Signed-off-by: Eric Biggers <ebiggers@google.com>
---
arch/x86/crypto/aegis128-aesni-asm.S | 236 +++++++++++----------------
1 file changed, 95 insertions(+), 141 deletions(-)
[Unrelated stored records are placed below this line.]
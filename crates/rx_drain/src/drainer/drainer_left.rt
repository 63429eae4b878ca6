use crate::DrainerParts;
use rx_heap::Heap;
use rx_mailbox::{EndedPort, let_go_all};
use rx_pump::Call;
use rx_sink::{Kept, Places, Rests, Sink};

/// What is left of a drainer that goes no further.
#[derive(Drop)]
pub struct DrainerLeft<S: Sink> {
    /// Its inbox, and the ports to subjects that have not ended, in their order.
    pub parts: DrainerParts<S>,
    /// The first ports to subjects, which have ended, in their order.
    pub ended: Vec<EndedPort<Call<S>>, Heap>,
    /// The sinks that it keeps, in the order in which they came.
    pub kept: Vec<Kept<S>, Heap>,
    /// What the sinks left that it put away, in the order in which it did so, if it keeps that.
    pub put_away: Rests<S::Rest>,
    /// Where it counted the sinks that found no memory.
    pub places: Places,
    /// How many notes its sinks took. The count stays at the greatest `u64`.
    pub taken: u64,
}

impl<S: Sink> DrainerLeft<S> {
    // Lets go of all, and waits for nothing: the subjects find the inbox gone, and hear the Byes of their ports. The sinks are let go
    // as they are.
    pub(crate) fn let_go(self) {
        let DrainerLeft {
            parts,
            ended: _,
            kept: _,
            put_away: _,
            places: _,
            taken: _,
        } = self;
        let DrainerParts { inbox, subjects } = parts;
        drop(inbox);
        let_go_all(subjects);
    }
}
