// What waits in the sinks goes out, as far as it can now.
//
// A sink in which nothing waits may have something to do all the same: one whose reader is gone may have its fault, one whose reader was
// told nothing for long tells it that. A drainer that rests looks after all of them then (`look_after`); one that never does so behind
// each 16th turn (`Rounds`), so that none is forgotten however much comes for the others.
//
// When a server closes, it is the drainer that waits for peers, for a quarter of a second in all, in rounds over all its
// sinks (`flushing::flush_last`); a wait of each writer's own as it goes would add up.
ghost use Rattle.std.specs.Prelude.{◌≡◌, ◌+◌, ◌<◌, ◌≤◌, false, None, vec_len};
ghost use Rattle.rx_pump.specs.Pumps.{AreSame};
ghost use Rattle.rx_drain.specs.Drainers.{Fits, FlushesAll, FlushesAt, any_may_wait, view_of};

use crate::drainer::asks::send_asks;
use crate::{DrainFault, DrainerLeft};
use rx_mailbox::nudge_all;
use rx_sink::{Kept, Sink, flush_one};
use std::sync::Wait;
use std::sync::atomic::AtomicU64;
use std::time::Duration;

// How often the sinks are flushed before the drainer leaves, and for how many milliseconds it rests after each time: a quarter
// of a second in all.
const LAST_ROUNDS: u32 = 25;

const LAST_REST: u64 = 10;

// Flushes each sink in which something may wait, and asks the subjects for what is due of those that are not stuck. It
// answers the fault, if there is one.
fn flush_all<S: Sink, R: Wait>(
    rt: &R,
    hands: &mut DrainerLeft<S>,
    leave: usize,
) -> Option<DrainFault>
    requires { Fits leave false None hands.old }
    ensures fits { Fits leave false result hands.new }
    ensures inbox { hands.new.parts.inbox ≡ hands.old.parts.inbox }
    ensures ports { AreSame (view_of hands.old false None).ports (view_of hands.new false result).ports }
    ensures keeps { hands.new.put_away.keeps ≡ hands.old.put_away.keeps }
    ensures flushes { FlushesAll S.acts (view_of hands.old false None) (view_of hands.new false result) }
{
    flush_due(rt, hands, leave, false)
}

// Flushes all sinks, also those in which nothing waits: one whose reader is gone may have its fault then. It answers the fault
// of a subject, if there is one.
pub(crate) fn look_after<S: Sink, R: Wait>(
    rt: &R,
    hands: &mut DrainerLeft<S>,
    leave: usize,
) -> Option<DrainFault>
    requires { Fits leave false None hands.old }
    ensures fits { Fits leave false result hands.new }
    ensures inbox { hands.new.parts.inbox ≡ hands.old.parts.inbox }
    ensures ports { AreSame (view_of hands.old false None).ports (view_of hands.new false result).ports }
    ensures keeps { hands.new.put_away.keeps ≡ hands.old.put_away.keeps }
    ensures flushes { FlushesAll S.acts (view_of hands.old false None) (view_of hands.new false result) }
{
    flush_due(rt, hands, leave, true)
}

// Flushes all sinks, or each in which something may wait, and asks the subjects for what is due of those that are not stuck. It
// answers the fault, if there is one.
pub(crate) fn flush_due<S: Sink, R: Wait>(
    rt: &R,
    hands: &mut DrainerLeft<S>,
    leave: usize,
    all: bool,
) -> Option<DrainFault>
    requires { Fits leave false None hands.old }
    ensures fits { Fits leave false result hands.new }
    ensures inbox { hands.new.parts.inbox ≡ hands.old.parts.inbox }
    ensures ports { AreSame (view_of hands.old false None).ports (view_of hands.new false result).ports }
    ensures keeps { hands.new.put_away.keeps ≡ hands.old.put_away.keeps }
    ensures flushes { FlushesAll S.acts (view_of hands.old false None) (view_of hands.new false result) }
{
    let fault = flush_each(rt, hands, leave, all);
    let _is_left = nudge_all(rt, &mut hands.parts.subjects);
    fault
}

// Flushes all sinks, or each in which something may wait. What it asks for may be held back, so that many requests go
// at once.
fn flush_each<S: Sink, R: Wait>(
    rt: &R,
    hands: &mut DrainerLeft<S>,
    leave: usize,
    all: bool,
) -> Option<DrainFault>
    requires { Fits leave false None hands.old }
    ensures fits { Fits leave false result hands.new }
    ensures inbox { hands.new.parts.inbox ≡ hands.old.parts.inbox }
    ensures ports { AreSame (view_of hands.old false None).ports (view_of hands.new false result).ports }
    ensures keeps { hands.new.put_away.keeps ≡ hands.old.put_away.keeps }
    ensures flushes { FlushesAll S.acts (view_of hands.old false None) (view_of hands.new false result) }
{
    // From the last one on, so that a sink that is put away leaves the places of those to come as they are.
    let mut place = hands.kept.len();
    while place > 0 {
        place -= 1;
        if all || hands.kept[place].may_wait {
            let fault = flush_at(rt, hands, leave, place);
            if fault.is_some() {
                return fault;
            }
        }
    }
    None
}

// Flushes the sinks until nothing waits in any, but for about a quarter of a second at most, all of them together. It answers
// the fault, if there is one.
pub(crate) fn flush_last<S: Sink, R: Wait>(
    rt: &R,
    hands: &mut DrainerLeft<S>,
    leave: usize,
) -> Option<DrainFault>
    requires { Fits leave false None hands.old }
    ensures fits { Fits leave false result hands.new }
    ensures inbox { hands.new.parts.inbox ≡ hands.old.parts.inbox }
    ensures ports { AreSame (view_of hands.old false None).ports (view_of hands.new false result).ports }
    ensures keeps { hands.new.put_away.keeps ≡ hands.old.put_away.keeps }
    ensures flushes { FlushesAll S.acts (view_of hands.old false None) (view_of hands.new false result) }
{
    for _ in 0..LAST_ROUNDS {
        let fault = flush_all(rt, hands, leave);
        if fault.is_some() {
            return fault;
        }
        if !may_wait(&hands.kept) {
            return None;
        }
        rest(rt);
    }
    flush_all(rt, hands, leave)
}

// Lets some milliseconds pass: nobody wakes it.
fn rest<R: Wait>(rt: &R) {
    AtomicU64::new(0).park_timeout(rt, 0, Duration::from_millis(LAST_REST));
}

// Whether something may wait in one of the sinks.
pub(crate) fn may_wait<S: Sink>(kept: &[Kept<S>]) -> bool
    ensures { result ≡ any_may_wait kept.now }
{
    kept.iter().any(|one| one.may_wait)
}

// Flushes the sink at this place, and asks its subject for what is due, unless the sink is stuck. It answers the fault, if
// there is one.
fn flush_at<S: Sink, R: Wait>(
    rt: &R,
    hands: &mut DrainerLeft<S>,
    leave: usize,
    place: usize,
) -> Option<DrainFault>
    requires within { place < vec_len hands.old.kept }
    requires fits { Fits leave false None hands.old }
    ensures fits { Fits leave false result hands.new }
    ensures inbox { hands.new.parts.inbox ≡ hands.old.parts.inbox }
    ensures ports { AreSame (view_of hands.old false None).ports (view_of hands.new false result).ports }
    ensures keeps { hands.new.put_away.keeps ≡ hands.old.put_away.keeps }
    ensures len { vec_len hands.old.kept ≤ vec_len hands.new.kept + 1 }
    ensures flushes { FlushesAt S.acts place (view_of hands.old false None) (view_of hands.new false result) }
{
    let one = &hands.kept[place];
    let subject = one.subject;
    let who = one.who;
    let asks = flush_one(&mut hands.kept, &mut hands.put_away, place, subject, who);
    send_asks(rt, &mut hands.parts.subjects, subject, asks)
}
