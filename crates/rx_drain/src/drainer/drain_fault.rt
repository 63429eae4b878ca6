use std::error::Error;
use std::fmt;

/// Why a drainer can't go on. It then only gives its parts back.
#[derive(Clone, Copy, Debug, PartialEq, Eq)]
pub enum DrainFault {
    /// No letter will come any more, and the Bye of a port has not come.
    InboxGone,
    /// The subject at this place is gone.
    SubjectGone(usize),
}

impl fmt::Display for DrainFault {
    fn fmt<W: fmt::Write>(&self, f: &mut fmt::Formatter<W>) -> fmt::Result {
        match self {
            DrainFault::InboxGone => f.write_str("no letter will come any more"),
            DrainFault::SubjectGone(place) => write!(f, "subject {place} is gone"),
        }
    }
}

impl Error for DrainFault {}
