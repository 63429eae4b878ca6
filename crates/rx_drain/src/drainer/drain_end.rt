use rx_heap::Heap;
use rx_mailbox::{EndedPort, Inbox};
use rx_pump::{Call, Out};
use rx_sink::{Places, Rests, Sink};

/// What a drainer leaves once the Bye of each port came and its own ports have ended.
#[derive(Drop)]
pub struct DrainEnd<S: Sink> {
    pub inbox: Inbox<Out<S>>,
    /// In the order of the subjects.
    pub ports: Vec<EndedPort<Call<S>>, Heap>,
    /// What each sink left that found its place, in the order in which they were put away, if the drainer kept that.
    pub put_away: Rests<S::Rest>,
    /// Where the sinks are counted that found no memory.
    pub places: Places,
    /// How many notes its sinks took. The count stays at the greatest `u64`.
    pub taken: u64,
}
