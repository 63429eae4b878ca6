// Behind so many turns all sinks are looked after.
const TURNS: u32 = 16;

/// Counts the turns of a drainer that does not rest, so that it comes to all its sinks.
#[derive(Drop)]
pub(crate) struct Rounds {
    turns: u32,
}

impl Rounds {
    pub(crate) fn new() -> Rounds {
        Rounds { turns: 0 }
    }

    /// Whether all sinks are to be looked after behind this turn.
    pub(crate) fn is_due(&mut self) -> bool {
        self.turns = self.turns.saturating_add(1);
        if self.turns < TURNS {
            return false;
        }
        self.turns = 0;
        true
    }
}
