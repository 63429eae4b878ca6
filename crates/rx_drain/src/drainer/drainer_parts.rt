use rx_heap::Heap;
use rx_mailbox::{Inbox, Port};
use rx_pump::{Call, Out};

/// What a drainer is made of.
#[derive(Drop)]
pub struct DrainerParts<S: Drop> {
    /// The letters of the subjects, from the port of each subject's number, and of the leave port, whose number comes next.
    pub inbox: Inbox<Out<S>>,
    /// One port to each subject.
    pub subjects: Vec<Port<Call<S>>, Heap>,
}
diff --git a/arch/x86/crypto/aegis128-aesni-asm.S b/arch/x86/crypto/aegis128-aesni-asm.S
index 8131903cc7ff..b5c7abc9a0d4 100644
--- a/arch/x86/crypto/aegis128-aesni-asm.S
+++ b/arch/x86/crypto/aegis128-aesni-asm.S
@@ -2,10 +2,11 @@
/*
* AES-NI + SSE4.1 implementation of AEGIS-128
*
* Copyright (c) 2017-2018 Ondrej Mosnacek <omosnacek@gmail.com>
* Copyright (C) 2017-2018 Red Hat, Inc. All rights reserved.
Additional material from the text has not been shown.